-- DATA SHOWN follows --

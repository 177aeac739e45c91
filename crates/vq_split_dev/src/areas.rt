//! The three areas of a split ring (VIRTIO 1.2, 2.7).

ghost use Rattle.std.specs.Prelude.{◌≡◌};
ghost use Rattle.vq_split_dev.specs.Walk.{split_areas_inside};

use vq_common::{RingCfg, is_inside};

/// Whether the ring's areas lie inside a memory of `memory` bytes.
pub fn areas_inside(memory: u64, cfg: &RingCfg) -> bool
    ensures { result ≡ split_areas_inside memory cfg.now }
{
    let size = cfg.size as u64;
    is_inside(memory, cfg.desc, 16 * size)
        && is_inside(memory, cfg.driver, 6 + 2 * size)
        && is_inside(memory, cfg.device, 6 + 8 * size)
}
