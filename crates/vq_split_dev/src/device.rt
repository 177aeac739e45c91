//! The device's end.

ghost use Rattle.std.specs.Prelude.{◌≡◌, ◌++◌, IsTrue, length};
ghost use Rattle.byteorder.specs.Endian.{little_bytes};
ghost use Rattle.vq_common.specs.Chain.{walked};
ghost use Rattle.vq_split_dev.specs.Walk.{split_walk, split_areas_inside, next_head, waiting_heads};
ghost use Rattle.vq_split_dev.specs.Give.{split_signals};

use crate::areas::areas_inside;
use crate::walk::chain_at;
use byteorder::{ByteOrder, LittleEndian};
use guest_mem::GuestMem;
use std::marker::Model;
use vq_common::area::{le16_at, put, put_le16};
use vq_common::{AvailableFlags, Chain, DeviceEnd, RingCfg, Take, ring_location};

/// The device's end of a split virtqueue: the ring's configuration, the number of heads that were taken and the number
/// of chains that were given back, both modulo 2^16.
#[derive(Drop)]
pub struct SplitDevice {
    cfg: RingCfg,
    taken: u16,
    used: u16,
}

impl Model for SplitDevice {
    ghost use Rattle.std.specs.Prelude.{IsTrue, true};
    ghost use Rattle.vq_common.specs.Queue.{DeviceQueue, is_ring_size};

    ghost Value = { DeviceQueue };

    ghost view = { λ d. record { cfg = d.cfg; taken = d.taken; taken_wrap = true; used = d.used; used_wrap = true } };

    ghost invariant = { λ d. IsTrue (is_ring_size d.cfg.size) };
}

impl SplitDevice {
    /// The heads in the available ring that were not taken yet (VIRTIO 1.2, 2.7.13).
    fn waiting(&self, mem: &GuestMem) -> u16
        requires { IsTrue (split_areas_inside (length mem.now.bytes) self.now.cfg) }
        ensures { result ≡ waiting_heads mem.now.bytes self.now }
    {
        le16_at(mem, self.cfg.driver, 2).wrapping_sub(self.taken)
    }

    /// The entry of the available ring that is taken next.
    fn next_head(&self, mem: &GuestMem) -> u16
        requires { IsTrue (split_areas_inside (length mem.now.bytes) self.now.cfg) }
        ensures { result ≡ next_head mem.now.bytes self.now }
    {
        let location = ring_location(self.taken, self.cfg.size);
        le16_at(mem, self.cfg.driver, 4 + 2 * location as u64)
    }

    /// What the ring shows next.
    fn front(&self, mem: &GuestMem) -> Take
        ensures { walked result ≡ split_walk mem.now.bytes self.now }
    {
        if !areas_inside(mem.len(), &self.cfg) {
            return Take::Bad;
        }
        let waiting = self.waiting(mem);
        if waiting == 0 {
            Take::Empty
        } else if self.cfg.size < waiting {
            Take::Bad
        } else {
            chain_at(mem, &self.cfg, self.next_head(mem))
        }
    }

    /// Whether a used buffer is to be signalled, once the used index is written (VIRTIO 1.2, 2.7.7).
    fn signals(&self, mem: &GuestMem) -> bool
        requires { IsTrue (split_areas_inside (length mem.now.bytes) self.now.cfg) }
        ensures { result ≡ split_signals mem.now.bytes self.now }
    {
        if self.cfg.event_idx {
            le16_at(mem, self.cfg.driver, 4 + 2 * self.cfg.size as u64) == self.used
        } else {
            le16_at(mem, self.cfg.driver, 0) & AvailableFlags::NO_INTERRUPT.0
                != AvailableFlags::NO_INTERRUPT.0
        }
    }
}

/// The used element of a chain: its head and the number of bytes written, in eight bytes (VIRTIO 1.2, 2.7.8).
fn used_element(head: u16, len: u32) -> [u8; 8]
    ensures { result ≡ little_bytes 4 head ++ little_bytes 4 len }
{
    let mut element = [0u8; 8];
    LittleEndian::write_u32(&mut element, head as u32);
    LittleEndian::write_u32(&mut element[4..], len);
    element
}

impl DeviceEnd for SplitDevice {
    ghost use Rattle.std.specs.Prelude.{◌^◌};
    ghost use Rattle.vq_split_dev.specs.Walk.{split_walk, split_taken, split_areas_inside};
    ghost use Rattle.vq_split_dev.specs.Give.{split_given};
    ghost use Rattle.vq_split_dev.specs.Shown.{shown};

    ghost queue = { λ q. q };

    ghost positions = { λ cfg. 2 ^ 16 };

    ghost walk = { split_walk };

    ghost taken = { split_taken };

    ghost areas_inside = { split_areas_inside };

    ghost given = { split_given };

    fn new(cfg: &RingCfg) -> SplitDevice {
        SplitDevice {
            cfg: *cfg,
            taken: 0,
            used: 0,
        }
    }

    fn take(&mut self, mem: &GuestMem) -> Take {
        let front = self.front(mem);
        if let Take::Front(_) = &front {
            self.taken = self.taken.wrapping_add(1);
        }
        front
    }

    fn give(&mut self, mem: &mut GuestMem, chain: &Chain, len: u32) -> bool {
        let location = ring_location(self.used, self.cfg.size);
        let element = used_element(chain.id, len);
        put(mem, self.cfg.device, 4 + 8 * location as u64, &element);
        let next = self.used.wrapping_add(1);
        put_le16(mem, self.cfg.device, 2, next);
        let signals = self.signals(mem);
        self.used = next;
        signals
    }

    fn put_back(&mut self, _chain: &Chain) {
        self.taken = self.taken.wrapping_sub(1);
    }

    ghost shown = { shown };
}
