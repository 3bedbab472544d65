// The coordinator with its trail.
ghost use Rattle.std.specs.Prelude.{◌≡◌, ◌↔◌, ◌≤◌, [], ℕ, true, is_some, List};
ghost use Rattle.hb_edge.specs.Images.{Image};
ghost use Rattle.hb_types.specs.declared.change.LogItem.{LogItem};
ghost use Rattle.hb_runs.specs.Coordinator.{stopped_at};
ghost use Rattle.hb_node.specs.Laws.{deciding};
ghost use Rattle.hb_coord.specs.Law.{content_in, ends_in, faults_in, last_in, left_in};
ghost use Rattle.hb_coord.specs.Standing.{IsLog};
ghost use Rattle.hb_front.specs.Fronting.{Explains};

use hb_coord::Coordinator;
use hb_edge::Disk;
use hb_trail::Trail;
use hb_types::TrailEntry;
use std::alloc::Global;

/// The front end. Its trail has room for the Aborts and the Stop that are to come.
#[derive(Drop)]
pub struct Front<D: Disk> {
    pub(crate) coordinator: Coordinator<D>,
    pub(crate) trail: Trail,
    pub(crate) alloc: Global,
    ghost has_room: { ends_in coordinator.state ≤ trail.spare },
}

impl<D: Disk> Front<D> {
    /// A stopped one.
    pub fn new(alloc: Global, log: D) -> Front<D>
        ensures explained { (items : List LogItem) → is_some (D.content log) ≡ true → ((image : Image) → D.left log (D.last log) image → IsLog image items) → Explains D.content D.left D.last result.coordinator.state (deciding (stopped_at items)) [] }
        ensures trail { result.trail.entries ≡ [] }
        ensures left { (m : ℕ) (image : Image) → left_in D.left result.coordinator.state m image ↔ D.left log m image }
        ensures last { last_in D.last result.coordinator.state ≡ D.last log }
        ensures faults { faults_in D.faults result.coordinator.state ≡ D.faults log }
    {
        Front {
            coordinator: Coordinator::new(alloc, log),
            trail: Trail::new(alloc),
            alloc,
        }
    }

    /// The requests that it answered.
    pub fn entries(&self) -> &[TrailEntry]
        ensures { result.now ≡ self.now.trail.entries }
    {
        self.trail.entries()
    }

    pub fn into_disk(self) -> D
        ensures content { D.content result ≡ content_in D.content self.coordinator.state }
        ensures left { (m : ℕ) (image : Image) → D.left result m image ↔ left_in D.left self.coordinator.state m image }
    {
        let Front {
            coordinator,
            trail: _,
            alloc: _,
        } = self;
        coordinator.into_disk()
    }
}
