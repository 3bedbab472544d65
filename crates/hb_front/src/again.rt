// A coordinator's answer, once more.
ghost use Rattle.std.specs.Prelude.{◌≡◌};
ghost use Rattle.hb_coord.specs.Standing.{IsOwn};

use hb_types::Answer;
use sqlite_items::Items;
use std::alloc::Global;

/// The same answer, without memory: a coordinator's holds no list.
pub(crate) fn again(alloc: Global, answer: &Answer) -> Answer
    requires { IsOwn answer.now }
    ensures { result ≡ answer.now }
{
    match answer {
        Answer::Begun(tx) => Answer::Begun(*tx),
        Answer::Decided(number) => Answer::Decided(*number),
        Answer::Started { .. } => Answer::Started {
            doubts: Items::new(alloc),
        },
        Answer::Active => Answer::Active,
        Answer::Aborted => Answer::Aborted,
        Answer::Done => Answer::Done,
        Answer::Down => Answer::Down,
        Answer::NotMine => Answer::NotMine,
        Answer::NotActive => Answer::NotActive,
        Answer::AlreadyUp => Answer::AlreadyUp,
        Answer::NumbersSpent => Answer::NumbersSpent,
        Answer::Fault { area } => Answer::Fault { area: *area },
        Answer::Damaged { area, place } => Answer::Damaged {
            area: *area,
            place: *place,
        },
        _ => Answer::NoMemory,
    }
}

-- DATA SHOWN concluded --

### WHAT YOU ARE ASKED TO DO:
In the listing above, show every line with the word "impl".

### FINAL ANSWER:
impl Model for SplitDevice {
impl SplitDevice {
impl DeviceEnd for SplitDevice {
impl<D: Disk> Front<D> {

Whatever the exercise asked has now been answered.